Grin’s voice trembled. “Yeah.”
I felt like I was going to throw up. Even though I’d thought I was sure, up until the moment he said it I hadn’t realized how much I didn’t believe myself. I leaned on a grave jutting up in front of me, the stone so old the name was blasted to nothing. Erased.
“I finally got ahold of that cat Carl she used to live with. Got his number from that Jill girl, remember? They, uh, said she had an aneurysm that burst. Last night. Funeral’s on Thursday. You gonna go?”
My heart was pounding. Sid, dead. It was ridiculous.
“Yeah, I guess. I should, right?”
“I guess. I was gonna say if you want to, but I guess no one ever wants to go to a funeral. Man. I can’t believe Sid’s fucking gone. I can’t believe you went all freaky psychic about it either. Seriously, bro, what the fuck is that shit?”

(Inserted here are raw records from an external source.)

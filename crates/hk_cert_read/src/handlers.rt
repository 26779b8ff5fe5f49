//! The entries of handlers.

ghost use Rattle.std.specs.Prelude.{◌≡◌, ◌<◌, [], map, length, Some, slice_get, IfOk};
ghost use Rattle.ir_ast.specs.ProgramView.{view_module};
ghost use Rattle.ir_layout.specs.Layouts.{LayoutView, IsLayoutOf};
ghost use Rattle.spec_tree.specs.Plain as plain;
ghost use Rattle.spec_tree.specs.Sorted.{IsWellSorted};
ghost use Rattle.spec_tree.specs.View.{view_spec, view_transition};
ghost use Rattle.hk_case.specs.Obligations.{obligations_of};
ghost use Rattle.hk_cert_lines.specs.Handlers as lines;
ghost use Rattle.hk_cert.specs.Steps.{line_at, place_of, Gives};
ghost use Rattle.hk_cert.specs.Reading as definition;
ghost use Rattle.hk_cert_read.specs.Handling.{accepted_by, rejected_by, claimed_by, entry_by};
ghost use Rattle.hk_cert_read.specs.Widths.{wide_for};

use crate::blocks::case_at;
use crate::proving::proofs_at;
use crate::widths::{Wide, wide_of};
use hk_case::{Obligation, obligations};
use hk_cert::CertStop;
use hk_cert::at::{At, next_line, refused};
use hk_cert_lines::CertReason;
use hk_cert_lines::handlers::{Claim, claim_at};
use hk_cert_text::Entry;
use hk_seq::Seq;
use ir_kernel::Kernel;
use ir_layout::KMemory;
use spec_tree::{Spec, Transition};
use std::alloc::{AllocError, Global};

/// What the lines of a handler are read against: the kernel with the first bytes of its objects, the specification with the handler's
/// transition, and of which obligations the cases are few.
#[derive(Drop)]
struct Setting<'a> {
    kernel: &'a Kernel,
    initial: &'a KMemory,
    spec: &'a Spec,
    transition: &'a Transition,
    wide: Wide,
}

/// The obligations of a handler. Where a list of the specification has over 2^32 elements, it is want of memory.
fn owed(alloc: Global, spec: &Spec, transition: &Transition) -> Result<Seq<Obligation>, AllocError>
    ensures { IfOk result (λ list. list ≡ obligations_of (view_spec spec.now) (view_transition transition.now)) }
{
    if spec.invariants.as_slice().len() > u32::MAX as usize
        || spec.fields.as_slice().len() > u32::MAX as usize
        || spec.properties.as_slice().len() > u32::MAX as usize
    {
        return Err(AllocError);
    }
    obligations(alloc, spec, transition)
}

/// Reads the line of a handler with these obligations.
fn claim_line<'t>(
    spec: &Spec,
    transition: &Transition,
    owed: &[Obligation],
    at: At<'t>,
) -> Result<(Claim, At<'t>), CertStop>
    ensures { Gives (λ claim. claim) result (line_at (lines.claim_at (view_spec spec.now) (view_transition transition.now) owed.now) (place_of at.entry)) }
{
    let Some((line, after)) = next_line(at)? else {
        return Err(refused(at.line, CertReason::Q1));
    };
    match claim_at(spec, transition, owed, line) {
        Ok(claim) => Ok((claim, after)),
        Err(reason) => Err(refused(at.line, reason)),
    }
}

/// Reads the proofs of an acceptance, whose line has this number.
fn accepted_at<'t>(
    alloc: Global,
    spec: &Spec,
    wide: Wide,
    owed: &[Obligation],
    line: u32,
    at: At<'t>,
) -> Result<(Entry, At<'t>), CertStop>
    ensures { Gives (λ entry. entry) result (accepted_by (wide_for wide) (view_spec spec.now) owed.now line (place_of at.entry)) }
{
    let (proofs, after) = proofs_at(alloc, spec, wide, owed, at)?;
    Ok((Entry::Accept { line, proofs }, after))
}

/// Reads the case of a rejection.
fn rejected_at<'t>(
    alloc: Global,
    setting: &Setting,
    obligation: Obligation,
    at: At<'t>,
) -> Result<(Entry, At<'t>), CertStop>
    requires { IsWellSorted (view_spec setting.now.spec.now) }
    ensures { Gives (λ entry. entry) result (rejected_by (view_module setting.now.kernel.now) setting.now.initial.now (view_spec setting.now.spec.now) (view_transition setting.now.transition.now) obligation (place_of at.entry)) }
{
    let (case, after) = case_at(
        alloc,
        setting.kernel,
        setting.initial,
        setting.spec,
        setting.transition,
        obligation,
        at,
    )?;
    Ok((Entry::Reject { obligation, case }, after))
}

/// Reads what follows the line of a handler, which has this number.
fn claimed_at<'t>(
    alloc: Global,
    setting: &Setting,
    owed: &[Obligation],
    line: u32,
    claim: Claim,
    at: At<'t>,
) -> Result<(Entry, At<'t>), CertStop>
    requires { IsWellSorted (view_spec setting.now.spec.now) }
    ensures { Gives (λ entry. entry) result (claimed_by (view_module setting.now.kernel.now) setting.now.initial.now (wide_for setting.now.wide) (view_spec setting.now.spec.now) (view_transition setting.now.transition.now) owed.now line claim (place_of at.entry)) }
{
    match claim {
        Claim::Accept => accepted_at(alloc, setting.spec, setting.wide, owed, line, at),
        Claim::Reject(o) => rejected_at(alloc, setting, o, at),
        Claim::Unknown(o) => Ok((Entry::Unknown(o), at)),
        Claim::Memory => Ok((Entry::Memory, at)),
    }
}

/// Reads the lines of a handler.
fn entry_at<'t>(alloc: Global, setting: &Setting, at: At<'t>) -> Result<(Entry, At<'t>), CertStop>
    requires { IsWellSorted (view_spec setting.now.spec.now) }
    ensures { Gives (λ entry. entry) result (entry_by (view_module setting.now.kernel.now) setting.now.initial.now (wide_for setting.now.wide) (view_spec setting.now.spec.now) (view_transition setting.now.transition.now) (place_of at.entry)) }
{
    let owed = owed(alloc, setting.spec, setting.transition)?;
    let owed = owed.as_slice();
    let (claim, after) = claim_line(setting.spec, setting.transition, owed, at)?;
    claimed_at(alloc, setting, owed, at.line, claim, after)
}

/// Reads the lines of the handler with this place.
fn handler_at<'t>(
    alloc: Global,
    kernel: &Kernel,
    initial: &KMemory,
    spec: &Spec,
    h: u32,
    at: At<'t>,
) -> Result<(Entry, At<'t>), CertStop>
    requires sorted { IsWellSorted (view_spec spec.now) }
    requires there { h < length spec.now.transitions }
    ensures { (l : LayoutView) (t : plain.Transition) → IsLayoutOf (view_module kernel.now) l → initial.now ≡ map (λ o. o.bytes) l.objects → slice_get (view_spec spec.now).transitions h ≡ Some t →
        Gives (λ entry. entry) result (definition.entry_at (view_module kernel.now) l.objects (view_spec spec.now) t (place_of at.entry)) }
{
    let transition = &spec.transitions.as_slice()[h as usize];
    let wide = wide_of(kernel, spec, h);
    let setting = Setting {
        kernel,
        initial,
        spec,
        transition,
        wide,
    };
    entry_at(alloc, &setting, at)
}

/// How many handlers there are.
fn handlers_in(spec: &Spec) -> u32
    requires { IsWellSorted (view_spec spec.now) }
    ensures { result ≡ length spec.now.transitions }
{
    spec.transitions.as_slice().len() as u32
}

/// Reads the lines of all handlers in the order of the specification.
pub fn entries_at<'t>(
    alloc: Global,
    kernel: &Kernel,
    start: &KMemory,
    spec: &Spec,
    at: At<'t>,
) -> Result<(Seq<Entry>, At<'t>), CertStop>
    requires { IsWellSorted (view_spec spec.now) }
    ensures { (l : LayoutView) → IsLayoutOf (view_module kernel.now) l → start.now ≡ map (λ o. o.bytes) l.objects →
        Gives (λ entries. entries) result (definition.entries_from (view_module kernel.now) l.objects (view_spec spec.now) [] (view_spec spec.now).transitions (place_of at.entry)) }
{
    let mut entries = Seq::new(alloc);
    let mut text = at.text;
    let mut line = at.line;
    'each: for h in 0..handlers_in(spec) {
        let (entry, after) = handler_at(alloc, kernel, start, spec, h, At { text, line })?;
        entries.push(entry)?;
        text = after.text;
        line = after.line;
    }
    Ok((entries, At { text, line }))
}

“I swear I have no fucking clue how I knew.”
My heart pounded and the vision that dropped into my head was of myself, sitting on the front stoop the day my mother hadn’t come home, and feeling a vague sense of foreboding. Had I known? But it slipped away the second I grasped after it.
From somewhere on the path off to my left, I swore I heard the clip-clop of pounding hooves drawing closer through the graves, then retreating just as the horse should have drawn into view. I looked around wildly, but the early morning fog just slipped through tree branches and wisped around the tallest mausoleums.
“—pulled a Shawn or something,” Grin was saying as the pounding hooves faded away.
Shawn was a kid in St. Jerome’s with us. He seemed to know how everything worked and could explain anything. He was also completely rational. Didn’t believe in God or ghosts or psychics or anything.